BEGIN

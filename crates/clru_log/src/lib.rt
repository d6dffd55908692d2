//! Logs as servers write them, cut into the plain lines that the programs read.
//!
//! A [`CutReader`] reads a log in a [`Format`], and gives a line for each request that counts; [`log_time`] reads the time that columns
//! of a log name. `specs/Cuts` defines what is cut of a log, and `specs/Dates` which time a text names.
#![tactic(auto)]

mod calendar;
mod columns;
mod counts;
mod cut;
mod cutter;
mod date;
mod figures;
mod format;
mod laws;
mod newline;
mod output;
mod reader;
mod shape;
mod window;

pub use counts::CutCounts;
pub use cut::Left;
pub use date::log_time;
pub use format::{Columns, Format, Wanted};
pub use laws::law_dates;
pub use reader::CutReader;

#[cfg(test)]
mod tests;
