//! A log as a reader of plain lines.
ghost use Rattle.std.specs.Prelude.{◌≡◌, false, [], OnOk, option_map};
ghost use Rattle.std.specs.Io.KnownBytes.{Keeps, IsAtEnd};
ghost use Rattle.clru_text.specs.LinesRead.{IsFree};
ghost use Rattle.clru_log.specs.Cuts.{cut_bytes};

use crate::counts::CutCounts;
use crate::cutter::Cutter;
use crate::format::{Format, Wanted};
use std::alloc::Allocator;
use std::io;
use std::io::Read;

/// Reads a log, and gives the plain lines of the lines that count.
///
/// After an error nothing is lost: the next read goes on behind what was given.
#[derive(Drop)]
pub struct CutReader<R: Read, A: Allocator> {
    inner: R,
    cutter: Cutter<A>,
}

impl<R: Read, A: Allocator + Copy> CutReader<R, A> {
    ghost use Rattle.clru_log.specs.Cutting.{cut_remaining};

    /// Creates a reader of the plain lines of a log, as these are wanted.
    /// Cost: no request for memory.
    pub fn new(alloc: A, inner: R, format: Format<A>, wanted: Wanted) -> Self
        ensures { cut_remaining R.remaining result ≡ option_map (cut_bytes format wanted) (R.remaining inner) }
    {
        CutReader {
            inner,
            cutter: Cutter::new(alloc, format, wanted),
        }
    }
}

impl<R: Read, A: Allocator> CutReader<R, A> {
    ghost use Rattle.clru_log.specs.Cutting.{cut_remaining};

    /// Returns how many lines were read, and how many of them count.
    pub fn counts(&self) -> CutCounts {
        self.cutter.counts
    }

    // Reads and cuts until something is cut, or the log ends.
    fn prepare(&mut self) -> io::Result<()>
        ensures same { Keeps (cut_remaining R.remaining self.old) (cut_remaining R.remaining self.new) }
        ensures some { OnOk result (self.new.cutter.output ≡ [] → IsAtEnd (cut_remaining R.remaining self.new)) }
    {
        self.cutter.output.clear_given();
        'reads: for _ in 0..u64::MAX {
            if self.cutter.ended || self.cutter.output.has_some() {
                return Ok(());
            }
            self.step()?;
        }
        Err(io::Error::from(io::ErrorKind::Interrupted))
    }

    // Cuts what was read, or else reads more.
    fn step(&mut self) -> io::Result<()>
        requires { self.old.cutter.ended ≡ false }
        ensures { Keeps (cut_remaining R.remaining self.old) (cut_remaining R.remaining self.new) }
    {
        self.cutter.cut_lines()?;
        if self.cutter.output.has_some() {
            return Ok(());
        }
        self.read_more()
    }

    // Reads once more, and cuts the last line at the end.
    fn read_more(&mut self) -> io::Result<()>
        requires free { IsFree self.old.cutter.input }
        requires open { self.old.cutter.ended ≡ false }
        ensures { Keeps (cut_remaining R.remaining self.old) (cut_remaining R.remaining self.new) }
    {
        if self.cutter.input.read_from(&mut self.inner)? == 0 {
            self.cutter.cut_last()?;
        }
        Ok(())
    }
}

impl<R: Read, A: Allocator> Read for CutReader<R, A> {
    ghost use Rattle.clru_log.specs.Cutting.{cut_remaining};

    ghost remaining = { cut_remaining R.remaining };

    fn read(&mut self, buf: &mut [u8]) -> io::Result<usize> {
        if buf.is_empty() {
            return Ok(0);
        }
        self.prepare()?;
        Ok(self.cutter.output.give(buf))
    }
}
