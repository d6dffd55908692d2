//! How many lines count, and why others do not.

use crate::cut::Left;

/// What was read of a log.
#[derive(Clone, Copy, Debug, Default, Drop)]
pub struct CutCounts {
    pub lines: u64,
    pub kept: u64,
    /// Lines of another method.
    pub methods: u64,
    /// Lines of another status.
    pub statuses: u64,
    /// Lines with too few columns.
    pub columns: u64,
}

impl CutCounts {
    // Counts a line, which is left out for this reason, if for one.
    pub(crate) fn count(&mut self, left: Option<Left>) {
        self.lines = self.lines.saturating_add(1);
        let kind = match left {
            None => &mut self.kept,
            Some(Left::Method) => &mut self.methods,
            Some(Left::Status) => &mut self.statuses,
            Some(Left::Columns) => &mut self.columns,
        };
        *kind = kind.saturating_add(1);
    }
}
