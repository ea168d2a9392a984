ghost use Rattle.machine_data.specs.declared.scenario.Version.TheVariants as versions;
ghost use Rattle.std.specs.Prelude.{◌≡◌, ◌≤◌, true, IfOk, None, length, IsSome, IfSome};
ghost use Rattle.std.specs.List.{list_all};
ghost use Rattle.store_works.specs.KeptWorks.{HoldsNone};
ghost use Rattle.task_loop.specs.Says.{unscripted};
ghost use Rattle.machine_data.specs.Core.{fresh};
ghost use Rattle.core_primitives.specs.Groups.{IsAsked};
ghost use Rattle.task_store.specs.Hosts.{HoldsHosts};
ghost use Rattle.core_records.specs.Seen.{nothing};
ghost use Rattle.machine_rules.specs.Scripts.{export_at};
ghost use Rattle.task_loop.specs.LoopCalls.{callee_of};
ghost use Rattle.ops_turns.specs.Covered.{HasPlainExports, is_covered_op};
ghost use Rattle.ops_turns.specs.Turn.{CoreInOrder, given, running_of};
ghost use Rattle.ops_turns.specs.WellFormed.{IsWellFormed};
ghost use Rattle.core_primitives.specs.StateView.{with_core};

use core_primitives::{ThreadPrimitives, View};
use futures::task::Poll;
use host_watch::{WatchedMain, start_watched};
use machine_data::{DataOp, ExportKind, LoopLabel, MainLabel, NoMemory, Seq, TaskOp, Trap, Turn};
use std::alloc::{AllocError, Global};
use std::process::Abort;
use task_group::TaskGroupHook;
use task_loop::{
    Component, ExportDef, Func, FuncCallConcurrent, Instance, InstanceDef, Label, MainStep,
    MainTask, Op, Operand, Outcome, TaskError, Trace, run_concurrent,
};
use task_store::{Access, HostWork, ScriptedHost, Store, Whole};

pub(crate) const CALLEE: Func = Func {
    instance: Instance { index: 0 },
    export: 0,
};

// Adds 2 to the first parameter, by way of the instance's words, and returns it.
fn script(alloc: Global) -> Result<Seq<Op>, AllocError>
    ensures plain { IfOk result (λ ops. list_all is_covered_op ops ≡ true) }
    ensures short { IfOk result (λ ops. length ops ≤ 4096) }
{
    let left = Operand::Register(0);
    let right = Operand::Register(1);
    let value = Operand::Register(2);
    let ops = [
        Op::Data(DataOp::Set {
            to: 2,
            value: Operand::Number(33),
        }),
        Op::Data(DataOp::Handle { to: 2, value }),
        Op::Data(DataOp::Add { to: 0, value }),
        Op::Data(DataOp::Store {
            cell: 3,
            value: left,
        }),
        Op::Data(DataOp::Load { to: 1, cell: 3 }),
        Op::Data(DataOp::SkipEq {
            left,
            right,
            ops: 1,
        }),
        Op::Task(TaskOp::RetBad { value }),
        Op::Task(TaskOp::Ret { value: right }),
    ];
    Ok(Seq::from_vec(Vec::from_array(alloc, ops)?))
}

// A component with one callback export, which has that script.
fn made_component(alloc: Global) -> Result<Component, AllocError>
    ensures exports { IfOk result HasPlainExports }
    ensures there { IfOk result (λ c. IsSome (export_at c (callee_of CALLEE))) }
    ensures params { IfOk result (λ c. IfSome (export_at c (callee_of CALLEE)) (λ e. 1 ≡ e.params)) }
    ensures one { IfOk result (λ c. length c.instances ≡ 1) }
{
    let start = script(alloc)?;
    let mut exports = Seq::new(alloc);
    exports.push(ExportDef {
        kind: ExportKind::Callback,
        params: 1,
        start,
        react: Seq::new(alloc),
    })?;
    let mut instances = Seq::new(alloc);
    instances.push(InstanceDef {
        exports,
        slots: Seq::new(alloc),
    })?;
    Ok(Component {
        instances,
        hosts: Seq::new(alloc),
    })
}

pub(crate) fn component(rt: &impl Abort, alloc: Global) -> Component
    ensures exports { HasPlainExports result }
    ensures covered { IsWellFormed result }
    ensures there { IsSome (export_at result (callee_of CALLEE)) }
    ensures params { IfSome (export_at result (callee_of CALLEE)) (λ e. 1 ≡ e.params) }
    ensures one { length result.instances ≡ 1 }
{
    match made_component(alloc) {
        Ok(component) => component,
        Err(_) => panic!(rt; "no memory"),
    }
}

// A new store with one instance.
pub(crate) fn new_store(rt: &impl Abort, alloc: Global) -> Store<(), ScriptedHost>
    ensures state { result.state ≡ with_core (fresh versions.One 1 100000 1000000) nothing }
    ensures works { HoldsNone result.works }
    ensures groups { IsAsked result.state }
{
    let mut store: Store<(), ScriptedHost> = Store::new(alloc, (), true, 1);
    match store.add_instance() {
        Ok(_) => store,
        Err(_) => panic!(rt; "no memory"),
    }
}

// A store with that component's one instance.
pub(crate) fn store(
    rt: &impl Abort,
    alloc: Global,
    component: &Component,
) -> Store<(), ScriptedHost>
    requires exports { HasPlainExports component.now }
    requires one { length component.now.instances ≡ 1 }
    ensures order { CoreInOrder component.now Turn.Main result.state.core }
    ensures given { given result.state.core ≡ 0 }
    ensures current { running_of result.state ≡ None }
    ensures hosts { HoldsHosts ⟦<ScriptedHost as HostWork>⟧.course result }
    ensures groups { IsAsked result.state }
{
    let _component = component;
    new_store(rt, alloc)
}

// A call of that export with 7, in a store in which nothing was made but the instance.
pub(crate) fn called(
    rt: &impl Abort,
    component: &Component,
    store: &mut Store<(), ScriptedHost>,
) -> FuncCallConcurrent
    requires covered { IsWellFormed component.now }
    requires there { IsSome (export_at component.now (callee_of CALLEE)) }
    requires params { IfSome (export_at component.now (callee_of CALLEE)) (λ e. 1 ≡ e.params) }
    requires order { CoreInOrder component.now Turn.Main store.old.state.core }
    requires given { given store.old.state.core ≡ 0 }
    requires current { running_of store.old.state ≡ None }
    requires hosts { HoldsHosts ⟦<ScriptedHost as HostWork>⟧.course store.old }
    requires groups { IsAsked store.old.state }
    ensures order { CoreInOrder component.now Turn.Main store.new.state.core }
    ensures given { given store.new.state.core ≡ 2 }
    ensures current { running_of store.new.state ≡ None }
    ensures hosts { HoldsHosts ⟦<ScriptedHost as HostWork>⟧.course store.new }
    ensures groups { IsAsked store.new.state }
{
    match start_watched(CALLEE, component, store, &[7]) {
        Ok(call) => call,
        Err(_) => panic!(rt; "a call"),
    }
}

// A main that answers this, or else waits.
#[derive(Drop)]
pub(crate) struct Host {
    pub(crate) answer: Option<u64>,
}

impl<T, H: HostWork, G: TaskGroupHook> MainTask<T, H, G> for Host {
    ghost says = { unscripted (λ m c. Unit {0}) (λ m s. Unit {0}) (λ m s step n t. n ≡ m) };

    ghost stays = { λ main before after last known. tt };

    fn step(
        &mut self,
        _access: &mut Access<'_, T, Whole, H, G>,
        _component: &Component,
    ) -> Result<MainStep, TaskError> {
        match self.answer {
            Some(value) => Ok(MainStep::Answer(value)),
            None => Ok(MainStep::Pends),
        }
    }
}

fn is_recursive(store: &mut Store<(), ScriptedHost>) -> bool
    requires { store.old.running ≡ true }
    ensures { store.new ≡ store.old }
{
    matches!(run_concurrent(store, false), Err(Trap::RecursiveRun))
}

#[test]
fn a_call_runs_while_main_waits(rt: HostRuntime) {
    let component = component(&rt, rt.alloc());
    assert!(rt; CALLEE.param_count(&component) == 1);
    let mut store = store(&rt, rt.alloc(), &component);
    let mut call = called(&rt, &component, &mut store);
    assert!(rt; call.thread() == 1);
    let Ok(mut run) = run_concurrent(&mut store, false) else {
        panic!(rt; "a run")
    };
    assert!(rt; is_recursive(&mut store));
    let mut main = WatchedMain::new(Host { answer: None });
    let mut trace = Trace::new(rt.alloc());
    let outcome = run.drive(&component, &mut store, &mut main, 16, &mut trace);
    assert!(rt; matches!(outcome, Ok(Outcome::Idle)));
    assert!(rt; trace.labels().len() == 11);
    let result = CALLEE.finish_call_concurrent(&mut store, &mut call);
    assert!(rt; matches!(result, Poll::Ready(9)));
    run.end(&mut store);
    assert!(rt; main.into_main().answer.is_none());
    assert!(rt; run_concurrent(&mut store, true).is_ok());
}

// The first label and the outcome of a run without calls.
fn ran(
    rt: &impl Abort,
    alloc: Global,
    answer: Option<u64>,
) -> (Option<Label>, Result<Outcome, NoMemory>) {
    let component = component(rt, alloc);
    let mut store = store(rt, alloc, &component);
    let Ok(mut run) = run_concurrent(&mut store, true) else {
        panic!(rt; "a run")
    };
    let mut main = Host { answer };
    let mut trace = Trace::new(alloc);
    let outcome = run.drive(&component, &mut store, &mut main, 9, &mut trace);
    assert!(rt; store.trapped() == answer.is_none());
    (trace.labels().next(), outcome)
}

#[test]
fn a_run_ends_where_main_answers_or_nothing_goes_on(rt: HostRuntime) {
    let (first, outcome) = ran(&rt, rt.alloc(), Some(5));
    assert!(rt; matches!(outcome, Ok(Outcome::Done(5))));
    assert!(rt; matches!(first, Some(Label::Main(MainLabel::Answer(5)))));
    let (first, outcome) = ran(&rt, rt.alloc(), None);
    assert!(rt; matches!(outcome, Ok(Outcome::Deadlock(Trap::AsyncDeadlock))));
    assert!(rt; matches!(first, Some(Label::Loop(LoopLabel::MainPends))));
}

// What the return of a thread that has just begun results in, with this type.
fn returned(rt: &impl Abort, alloc: Global, ty: u32) -> Result<(), TaskError> {
    let component = component(rt, alloc);
    let mut store = store(rt, alloc, &component);
    called(rt, &component, &mut store);
    let Ok(mut run) = run_concurrent(&mut store, true) else {
        panic!(rt; "a run")
    };
    let mut main = Host { answer: None };
    let mut trace = Trace::new(alloc);
    let outcome = run.drive(&component, &mut store, &mut main, 2, &mut trace);
    let Ok(Outcome::OutOfSteps) = outcome else {
        panic!(rt; "a thread that runs")
    };
    let Some(thread) = store.state.current() else {
        panic!(rt; "a thread")
    };
    let instance = Instance {
        index: store.state.instance_of(thread),
    };
    instance.task_return(&component, &mut store, ty, 0, 0, 7)
}

#[test]
fn a_return_needs_the_task_s_own_type(rt: HostRuntime) {
    assert!(rt; returned(&rt, rt.alloc(), 0).is_ok());
    let bad = returned(&rt, rt.alloc(), 1);
    assert!(rt; matches!(bad, Err(TaskError::Trap(Trap::TaskReturnInvalid))));
}
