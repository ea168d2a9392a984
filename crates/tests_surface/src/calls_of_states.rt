ghost use Rattle.std.specs.Prelude.{◌≡◌, ◌<◌, IsSome, ℕ};
ghost use Rattle.ops_state.specs.Named.{IsLive};
ghost use Rattle.machine_data.specs.Maps.{get};
ghost use Rattle.machine_data.specs.declared.records.Subtask.TheVariants as subtasks;
ghost use Rattle.ops_moves.specs.Idle.{IsJoinThere};
ghost use Rattle.machine_rules.specs.Places.{Placed};
ghost use Rattle.ops_turns.specs.Turn.{given};
ghost use Rattle.core_primitives.specs.StateView.{call_of};

use crate::drive::{called, component, store};
use core_primitives::{
    CallId, PlacePrimitives, QueuePrimitives, SubtaskId, SubtaskPrimitives, ThreadPrimitives, View,
};
use machine_data::{ExportKind, Mark, Place, Status};
use ops_calls::new_guest_task;
use ops_state::{
    ConcurrentInstanceState, CurrentThread, Item, QualifiedThreadId, get_event, instance, is_live,
    join, mark_ready, promote_instance_local_thread_work_item, promote_thread_work_item, set_event,
    set_thread, stop, take_event, take_item,
};
use std::alloc::Global;
use std::process::Abort;
use task_store::{ScriptedHost, Store};
use task_wait::{Event, Waitable};

// A store with one instance, in which a call of it is queued.
fn queued(rt: &impl Abort, alloc: Global) -> Store<(), ScriptedHost>
    ensures placed { Placed result.state.core }
    ensures joins { (k : ℕ) → IsJoinThere (subtasks.Guest k) result.state.core }
    ensures there { IsSome (get result.state.core.instances 0) }
    ensures given { given result.state.core ≡ 2 }
{
    let component = component(rt, alloc);
    let mut store = store(rt, alloc, &component);
    called(rt, &component, &mut store);
    store
}

// The first thread of that call.
fn first_thread(rt: &impl Abort, store: &Store<(), ScriptedHost>) -> QualifiedThreadId
    ensures live { IsLive store.now.state result }
    ensures task { 0 < call_of store.now.state result.task }
{
    let Some(thread) = store.state.first_entry(0) else {
        panic!(rt; "an entry")
    };
    QualifiedThreadId {
        task: store.state.task_of(thread),
        thread,
    }
}

type Queued = Store<(), ScriptedHost>;

// What is asked of that store. The calls are in functions that are lent it: what a function owns is proved anew at each of its
// calls.
#[derive(Clone, Copy)]
enum Ask {
    SetsAndTakes,
    IsReadyOnceSet,
    LeavesItsSet,
    IsGivenNone,
    TakesAStart,
    MovesToSwitch,
    FirstMovesToSwitch,
    Stops,
    HasOneInstance,
    BeginsAndRuns(bool),
}

fn sets_and_takes(store: &mut Queued, task: CallId) -> bool
    requires live { 0 < call_of store.old.state task }
    requires placed { Placed store.old.state.core }
    requires joins { (k : ℕ) → IsJoinThere (subtasks.Guest k) store.old.state.core }
{
    let started = Event::Subtask(Status::Started);
    let woken = set_event(&mut store.state, Waitable::Guest(task), started);
    let event = take_event(&mut store.state, Waitable::Guest(task));
    matches!(woken, Ok(None)) && matches!(event, Some(Event::Subtask(Status::Started)))
}

fn is_ready_once_set(store: &mut Queued, task: CallId) -> bool
    requires live { 0 < call_of store.old.state task }
    requires placed { Placed store.old.state.core }
    requires joins { (k : ℕ) → IsJoinThere (subtasks.Guest k) store.old.state.core }
{
    store
        .state
        .set_event(SubtaskId::Guest(task), Some(Status::Started));
    if store.state.event(SubtaskId::Guest(task)).is_none() {
        return false;
    }
    matches!(
        mark_ready(&mut store.state, Waitable::Guest(task)),
        Ok(None)
    )
}

fn leaves_its_set(store: &mut Queued, task: CallId) -> bool
    requires live { 0 < call_of store.old.state task }
    requires placed { Placed store.old.state.core }
{
    if store.state.blocked_on(SubtaskId::Guest(task)).is_some() {
        return false;
    }
    matches!(
        join(&mut store.state, Waitable::Guest(task), None),
        Ok(None)
    )
}

fn is_given_none(store: &mut Queued, task: CallId) -> bool
    requires { 0 < call_of store.old.state task }
{
    get_event(&mut store.state, task, None, true).is_none()
}

fn takes_a_start(store: &mut Queued) -> bool
    requires { Placed store.old.state.core }
{
    matches!(
        take_item(&mut store.state),
        Some((Mark::High, Item::StartImplicit(_)))
    )
}

fn moves_to_switch(store: &mut Queued, id: QualifiedThreadId) -> bool
    requires live { IsLive store.old.state id }
    requires placed { Placed store.old.state.core }
{
    promote_thread_work_item(&mut store.state, id)
}

fn first_moves_to_switch(store: &mut Queued) -> bool
    requires { IsSome (get store.old.state.core.instances 0) }
{
    promote_instance_local_thread_work_item(&mut store.state, 0)
}

fn stops(store: &mut Queued, id: QualifiedThreadId) -> bool
    requires live { IsLive store.old.state id }
    requires placed { Placed store.old.state.core }
{
    let None = store.state.switch() else {
        return false;
    };
    stop(&mut store.state, id).is_ok() && store.state.switch().is_none()
}

fn is_open(read: Option<ConcurrentInstanceState>) -> bool {
    match read {
        Some(read) => {
            let is_free = !read.do_not_enter() && !read.do_not_suspend();
            is_free && read.pending_is_empty() && read.backpressure() == 0
        }
        None => false,
    }
}

fn has_one_instance(store: &Queued) -> bool {
    is_open(instance(&store.state, 0)) && instance(&store.state, 1).is_none()
}

// A task is made while no thread runs, and then its thread runs, by the call of the store or by that of its state.
fn begins_and_runs(store: &mut Queued, of_store: bool) -> bool
    requires there { IsSome (get store.old.state.core.instances 0) }
    requires given { given store.old.state.core ≡ 2 }
{
    let Ok(id) = new_guest_task(&mut store.state, ExportKind::Callback, 0, None) else {
        return false;
    };
    let Some(Place::New) = store.state.place(id.thread) else {
        return false;
    };
    let None = store.state.current() else {
        return false;
    };
    let before = if of_store {
        task_loop::set_thread(store, CurrentThread::Guest(id))
    } else {
        set_thread(&mut store.state, CurrentThread::Guest(id))
    };
    matches!(before, Ok(CurrentThread::None)) && store.state.current().is_some()
}

fn answers(store: &mut Queued, id: QualifiedThreadId, ask: Ask) -> bool
    requires live { IsLive store.old.state id }
    requires task { 0 < call_of store.old.state id.task }
    requires placed { Placed store.old.state.core }
    requires joins { (k : ℕ) → IsJoinThere (subtasks.Guest k) store.old.state.core }
    requires there { IsSome (get store.old.state.core.instances 0) }
    requires given { given store.old.state.core ≡ 2 }
{
    match ask {
        Ask::SetsAndTakes => sets_and_takes(store, id.task),
        Ask::IsReadyOnceSet => is_ready_once_set(store, id.task),
        Ask::LeavesItsSet => leaves_its_set(store, id.task),
        Ask::IsGivenNone => is_given_none(store, id.task),
        Ask::TakesAStart => takes_a_start(store),
        Ask::MovesToSwitch => moves_to_switch(store, id),
        Ask::FirstMovesToSwitch => first_moves_to_switch(store),
        Ask::Stops => stops(store, id),
        Ask::HasOneInstance => has_one_instance(store),
        Ask::BeginsAndRuns(of_store) => begins_and_runs(store, of_store),
    }
}

fn holds(rt: &impl Abort, alloc: Global, ask: Ask) -> bool {
    let mut store = queued(rt, alloc);
    let id = first_thread(rt, &store);
    is_live(&store.state, id) && answers(&mut store, id, ask)
}

#[test]
fn a_waitable_tells_its_event(rt: HostRuntime) {
    assert!(rt; holds(&rt, rt.alloc(), Ask::SetsAndTakes));
    assert!(rt; holds(&rt, rt.alloc(), Ask::IsGivenNone));
    assert!(rt; holds(&rt, rt.alloc(), Ask::IsReadyOnceSet));
    assert!(rt; holds(&rt, rt.alloc(), Ask::LeavesItsSet));
}

#[test]
fn entries_are_taken_and_move_to_switch(rt: HostRuntime) {
    assert!(rt; holds(&rt, rt.alloc(), Ask::TakesAStart));
    assert!(rt; holds(&rt, rt.alloc(), Ask::MovesToSwitch));
    assert!(rt; holds(&rt, rt.alloc(), Ask::FirstMovesToSwitch));
}

#[test]
fn a_strand_stops_and_an_instance_is_read(rt: HostRuntime) {
    assert!(rt; holds(&rt, rt.alloc(), Ask::Stops));
    assert!(rt; holds(&rt, rt.alloc(), Ask::HasOneInstance));
}

#[test]
fn a_task_begins_and_runs(rt: HostRuntime) {
    assert!(rt; holds(&rt, rt.alloc(), Ask::BeginsAndRuns(false)));
    assert!(rt; holds(&rt, rt.alloc(), Ask::BeginsAndRuns(true)));
}

#[test]
fn a_task_begins_a_group(rt: HostRuntime) {
    let mut store = queued(&rt, rt.alloc());
    let Ok(id) = task_loop::new_guest_task(&mut store, ExportKind::Callback, 0, None) else {
        panic!(rt; "a task")
    };
    assert!(rt; is_live(&store.state, id) && store.state.groups() == 2);
}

END

*What is expected:* The response must consist solely of the lines from the first line of the entries through the line containing "pub use date::log_time;", repeated exactly.

*Response below:*
filename crates/clru_log/src/lib.rt
repository d6dffd55908692d2
//! Logs as servers write them, cut into the plain lines that the programs read.
//!
//! A [`CutReader`] reads a log in a [`Format`], and gives a line for each request that counts; [`log_time`] reads the time that columns
//! of a log name. `specs/Cuts` defines what is cut of a log, and `specs/Dates` which time a text names.
#![tactic(auto)]

mod calendar;
mod columns;
mod counts;
mod cut;
mod cutter;
mod date;
mod figures;
mod format;
mod laws;
mod newline;
mod output;
mod reader;
mod shape;
mod window;

pub use counts::CutCounts;
pub use cut::Left;
pub use date::log_time;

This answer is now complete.